*GOAL OF THE EXERCISE*
Return exactly, and only, the lines from the line containing "use thiserror::Error;" through the final line of the records below, both included.

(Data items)
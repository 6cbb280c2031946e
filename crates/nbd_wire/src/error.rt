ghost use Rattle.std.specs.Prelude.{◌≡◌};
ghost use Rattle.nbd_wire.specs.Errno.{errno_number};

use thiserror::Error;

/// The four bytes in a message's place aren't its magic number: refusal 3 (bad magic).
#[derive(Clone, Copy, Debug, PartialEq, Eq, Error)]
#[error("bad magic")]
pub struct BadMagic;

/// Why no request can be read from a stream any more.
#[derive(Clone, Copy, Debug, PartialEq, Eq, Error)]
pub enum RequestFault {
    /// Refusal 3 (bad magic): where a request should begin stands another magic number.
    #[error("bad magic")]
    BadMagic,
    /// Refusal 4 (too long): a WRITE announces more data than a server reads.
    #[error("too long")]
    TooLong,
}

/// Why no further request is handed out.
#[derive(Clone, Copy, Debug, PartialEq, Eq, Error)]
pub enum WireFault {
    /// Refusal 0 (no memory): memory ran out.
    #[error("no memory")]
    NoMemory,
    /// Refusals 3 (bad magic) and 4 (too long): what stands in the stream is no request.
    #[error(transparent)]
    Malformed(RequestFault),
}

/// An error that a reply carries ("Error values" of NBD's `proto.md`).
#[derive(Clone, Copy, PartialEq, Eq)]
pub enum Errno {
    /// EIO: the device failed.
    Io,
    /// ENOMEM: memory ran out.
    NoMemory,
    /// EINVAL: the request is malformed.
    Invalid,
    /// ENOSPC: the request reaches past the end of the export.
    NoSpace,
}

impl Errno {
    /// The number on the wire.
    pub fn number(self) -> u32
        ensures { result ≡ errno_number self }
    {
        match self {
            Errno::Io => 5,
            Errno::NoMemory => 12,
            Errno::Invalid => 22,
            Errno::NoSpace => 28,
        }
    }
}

*THE COMPLETED TASK*
use thiserror::Error;

/// The four bytes in a message's place aren't its magic number: refusal 3 (bad magic).
#[derive(Clone, Copy, Debug, PartialEq, Eq, Error)]
#[error("bad magic")]
pub struct BadMagic;

/// Why no request can be read from a stream any more.
#[derive(Clone, Copy, Debug, PartialEq, Eq, Error)]
pub enum RequestFault {
    /// Refusal 3 (bad magic): where a request should begin stands another magic number.
    #[error("bad magic")]
    BadMagic,
    /// Refusal 4 (too long): a WRITE announces more data than a server reads.
    #[error("too long")]
    TooLong,
}

/// Why no further request is handed out.
#[derive(Clone, Copy, Debug, PartialEq, Eq, Error)]
pub enum WireFault {
    /// Refusal 0 (no memory): memory ran out.
    #[error("no memory")]
    NoMemory,
    /// Refusals 3 (bad magic) and 4 (too long): what stands in the stream is no request.
    #[error(transparent)]
    Malformed(RequestFault),
}

/// An error that a reply carries ("Error values" of NBD's `proto.md`).
#[derive(Clone, Copy, PartialEq, Eq)]
pub enum Errno {
    /// EIO: the device failed.
    Io,
    /// ENOMEM: memory ran out.
    NoMemory,
    /// EINVAL: the request is malformed.
    Invalid,
    /// ENOSPC: the request reaches past the end of the export.
    NoSpace,
}

impl Errno {
    /// The number on the wire.
    pub fn number(self) -> u32
        ensures { result ≡ errno_number self }
    {
        match self {
            Errno::Io => 5,
            Errno::NoMemory => 12,
            Errno::Invalid => 22,
            Errno::NoSpace => 28,
        }
    }
}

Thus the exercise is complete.